- Bharno Location in Jharkhand, India Bharno Bharno (India)
- Coordinates: 23°14′07″N 84°53′25″E﻿ / ﻿23.235224°N 84.890267°E
- Country: India
- State: Jharkhand
- District: Gumla

Government
- • Type: Federal democracy

Population (2011)
- • Total: 8,680

Languages *
- • Official: Hindi, Urdu
- Time zone: UTC+5:30 (IST)
- PIN: 835203
- Telephone/ STD code: 06529
- Vehicle registration: JH 07
- Literacy: 72.07%
- Lok Sabha constituency: Lohardaga
- Vidhan Sabha constituency: Sisai
- Website: gumla.nic.in

= Bharno =

Bharno (also spelled as Bherno) is a village in the Bharno CD block in the Gumla subdivision of the Gumla district in the Indian state of Jharkhand.

==Geography==

===Location===
Bharno is located at

===Area overview===
The map alongside presents a rugged area, consisting partly of flat-topped hills called pat and partly of an undulating plateau, in the south-western portion of Chota Nagpur Plateau. Three major rivers – the Sankh, South Koel and North Karo - along with their numerous tributaries, drain the area. The hilly area has large deposits of Bauxite. 93.7% of the population lives in rural areas.

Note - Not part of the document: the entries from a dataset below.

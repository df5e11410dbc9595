// A place of the probe table.
ghost use Rattle.std.specs.Prelude.{◌≡◌};
ghost use Rattle.probe_table.specs.Probing.{ends, is_held, row_in};

use pairs::row::{Link, Row};

#[derive(Clone, Copy)]
pub enum Place {
    // held no row since the rows were last laid out
    Free,
    // held a row that was dropped
    Dropped,
    Held(Row),
}

impl Place {
    // The row that is held.
    pub(crate) fn row(self) -> Option<Row>
        ensures { result ≡ row_in self }
    {
        match self {
            Place::Held(row) => Some(row),
            Place::Free | Place::Dropped => None,
        }
    }

    // Whether a row is held.
    pub(crate) fn is_held(self) -> bool
        ensures { result ≡ is_held self }
    {
        self.row().is_some()
    }

    // Whether a search for the row of a link ends here: the place holds that row, or is free.
    pub(crate) fn ends(self, link: Link) -> bool
        ensures { result ≡ ends link.relationship link.from link.to self }
    {
        match self {
            Place::Free => true,
            Place::Dropped => false,
            Place::Held(row) => row.joins(link),
        }
    }
}
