// What the loop over a portion gathers of the records so far.
ghost use Rattle.std.specs.Prelude.{◌≡◌, [], ◌≤◌, set};
ghost use Rattle.record.specs.Records.{record_count};
ghost use Rattle.record.specs.Vehicles.{vehicles};
ghost use Rattle.account.specs.Accounts.{account_of};
ghost use Rattle.lists.specs.Words.{Every};
ghost use Rattle.account.specs.Groupings.{GoodHauled};
ghost use Rattle.account.specs.Gathering.{SumsRoom, Room, sums_with, gathered, with_one};

use crate::Account;
use record::vehicle::{Kind, Setting, Vehicle, leading_engines, leading_isolated};

// The sums of the records that are set alike.
#[derive(Clone, Copy)]
pub(crate) struct Sums {
    pub(crate) count: u32,
    pub(crate) vmass: u32,
    pub(crate) mmass: u32,
    pub(crate) axles: u32,
    pub(crate) length: u32,
}

impl Sums {
    const NONE: Sums = Sums {
        count: 0,
        vmass: 0,
        mmass: 0,
        axles: 0,
        length: 0,
    };

    #[tactic(auto, unfolding(crate::specs::Gathering::sums_with))]
    fn add(&mut self, v: Vehicle)
        requires { SumsRoom self.old v }
        ensures { self.new ≡ sums_with self.old v }
    {
        self.count += 1;
        self.vmass += v.vmass;
        self.mmass += v.mmass;
        self.axles += v.axles;
        self.length += v.length;
    }
}

// The figures of the records so far.
#[derive(Clone, Copy)]
pub(crate) struct Gathered {
    // isolated, M, V, R
    pub(crate) by_setting: [Sums; 4],
    pub(crate) count: u32,
    pub(crate) mass: u32,
    pub(crate) length: u32,
    pub(crate) axles: u32,
    pub(crate) engines: u32,
    pub(crate) dloads: u32,
    pub(crate) joined: u32,
    pub(crate) trailing: u32,
    pub(crate) longest: u32,
    pub(crate) rule18: bool,
    pub(crate) slowest: u32,
    // the settings of the first five, 4 where there is none: numbers, as in the account
    pub(crate) first: [u32; 5],
    pub(crate) enginemmass: u32,
    pub(crate) wagonvmass: u32,
    pub(crate) enginenotm: bool,
}

// Sets the setting at place `i`, where it is one of the first five.
fn set_at(first: &mut [u32; 5], i: usize, setting: u32)
    ensures { first.new ≡ set first.old i setting }
{
    if i < 5 {
        first[i] = setting;
    }
}

impl Gathered {
    #[tactic(auto, unfolding(crate::specs::Gathering::gathered, crate::specs::Gathering::sums_of))]
    pub(crate) fn new() -> Gathered
        ensures { result ≡ gathered [] }
    {
        Gathered {
            by_setting: [Sums::NONE; 4],
            count: 0,
            mass: 0,
            length: 0,
            axles: 0,
            engines: 0,
            dloads: 0,
            joined: 0,
            trailing: 0,
            longest: 0,
            rule18: false,
            slowest: 200,
            first: [4; 5],
            enginemmass: 0,
            wagonvmass: 0,
            enginenotm: false,
        }
    }

    // One record more.
    pub(crate) fn add(&mut self, v: Vehicle)
        requires { Room self.old v }
        ensures { self.new ≡ with_one self.old v }
    {
        let isolated = v.setting == Setting::Isolated;
        let set_to_m = v.setting == Setting::M;
        let wagon = v.kind == Kind::Wagon;
        let engine = v.kind == Kind::HauledEngine;
        let trailing = if isolated { self.trailing + 1 } else { 0 };
        let enginemmass = if engine & set_to_m { v.mmass } else { 0 };
        let wagonvmass = if wagon & set_to_m { v.vmass } else { 0 };
        self.by_setting[v.setting as usize].add(v);
        set_at(&mut self.first, self.count as usize, v.setting as u32);
        self.count += 1;
        self.mass += v.mass;
        self.length += v.length;
        self.axles += v.axles;
        self.engines += u32::from(engine);
        self.dloads += u32::from(v.dload);
        self.joined += u32::from(v.joined);
        self.trailing = trailing;
        self.longest = self.longest.max(trailing);
        self.rule18 |= wagon & v.matrossow & !isolated;
        self.slowest = self.slowest.min(v.speed);
        self.enginemmass += enginemmass;
        self.wagonvmass += wagonvmass;
        self.enginenotm |= engine & !set_to_m;
    }

    // The account of the portion that this is gathered of. The runs in front are found apart, where it is read no further than they go.
    pub(crate) fn account(self, portion: &[u8]) -> Account
        requires portion_bound { record_count portion.now ≤ 200 }
        requires each { Every GoodHauled (vehicles portion.now) }
        requires gathered { self ≡ gathered (vehicles portion.now) }
        ensures { result ≡ account_of (vehicles portion.now) }
    {
        let [isolated, m, v, r] = self.by_setting;
        let leading = leading_isolated(portion) as u32;
        let engines_ahead = leading_engines(portion) as u32;
        Account {
            count: self.count,
            mass: self.mass,
            vmass: v.vmass,
            mmass: m.mmass,
            length: self.length,
            axles: self.axles,
            vaxles: v.axles,
            engines: self.engines,
            mset: m.count,
            isolated: isolated.count,
            dloads: self.dloads,
            leading,
            trailing: self.trailing,
            longest: self.longest,
            behind: engines_ahead < self.engines,
            rule16: 0 < r.count,
            rule17: self.joined < self.count,
            rule18: self.rule18,
            slowest: self.slowest,
            first: self.first,
            vlength: v.length,
            enginemmass: self.enginemmass,
            wagonvmass: self.wagonvmass,
            enginenotm: self.enginenotm,
        }
    }
}
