// Joining two accounts within their ceilings, figure by figure.
ghost use Rattle.std.specs.Prelude.{◌≡◌, ◌+◌, ◌<◌, ◌^◌};
ghost use Rattle.account.specs.Ceilings.{Within};
ghost use Rattle.account.specs.Joining.{onward, fill, joining};

use crate::Account;

// A run, with the next portion's added where it takes in the `n` of its own.
fn go_on(run: u32, n: u32, next: u32) -> u32
    requires { run + next < 2 ^ 32 }
    ensures { result ≡ onward run n next }
{
    if run == n { run + next } else { run }
}

// The left's settings as far as its count, then the right's from its first.
fn fill_first(n: u32, left: [u32; 5], right: [u32; 5]) -> [u32; 5]
    ensures { result ≡ fill n left right }
{
    if 5 <= n {
        return left;
    }
    let n = n as usize;
    let mut first = left;
    first[n..].copy_from_slice(&right[..5 - n]);
    first
}

#[tactic(auto, unfolding(crate::specs::Joining::joining))]
pub(crate) fn add(left: Account, right: Account) -> Account
    requires left_within { Within left }
    requires right_within { Within right }
    ensures { result ≡ joining left right }
{
    Account {
        count: left.count + right.count,
        mass: left.mass + right.mass,
        vmass: left.vmass + right.vmass,
        mmass: left.mmass + right.mmass,
        length: left.length + right.length,
        axles: left.axles + right.axles,
        vaxles: left.vaxles + right.vaxles,
        engines: left.engines + right.engines,
        mset: left.mset + right.mset,
        isolated: left.isolated + right.isolated,
        dloads: left.dloads + right.dloads,
        leading: go_on(left.leading, left.count, right.leading),
        trailing: go_on(right.trailing, right.count, left.trailing),
        longest: left
            .longest
            .max(right.longest)
            .max(left.trailing + right.leading),
        behind: left.behind | right.behind | ((left.engines < left.count) & (0 < right.engines)),
        rule16: left.rule16 | right.rule16,
        rule17: left.rule17 | right.rule17,
        rule18: left.rule18 | right.rule18,
        slowest: left.slowest.min(right.slowest),
        first: fill_first(left.count, left.first, right.first),
        vlength: left.vlength + right.vlength,
        enginemmass: left.enginemmass + right.enginemmass,
        wagonvmass: left.wagonvmass + right.wagonvmass,
        enginenotm: left.enginenotm | right.enginenotm,
    }
}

Note: The map alongside presents some of the notable locations in the district. All places marked in the map are linked in the larger full screen map.

==Civic administration==
There is a police station at Bharno.

The headquarters of Bharno CD block are located at Bharno village.

==Demographics==
According to the 2011 Census of India, Bharno had a total population of 8,680, of which 4,230 (49%) were males and 4,450 (51%) were females. Population in the age range 0–6 years was 1,261. The total number of literate persons in Bharno was 5,347 (72.07% of the population over 6 years).

(*For language details see Bharno block#Language and religion)

==Education==
Government High School Bharno is a Hindi-medium coeducational institution established in 1950. It has facilities for teaching from class VIII to class XII. The school has a playground and a library with 2,500 books.

Lalit Oraon Smarak High School Bharno is a Hindi-medium coeducational institution established in 2014. It has facilities for teaching from class I to class X.

Adivasi Public School Bharno is a Hindi-medium coeducational institution established in 2014. It has facilities for teaching from class I to class X.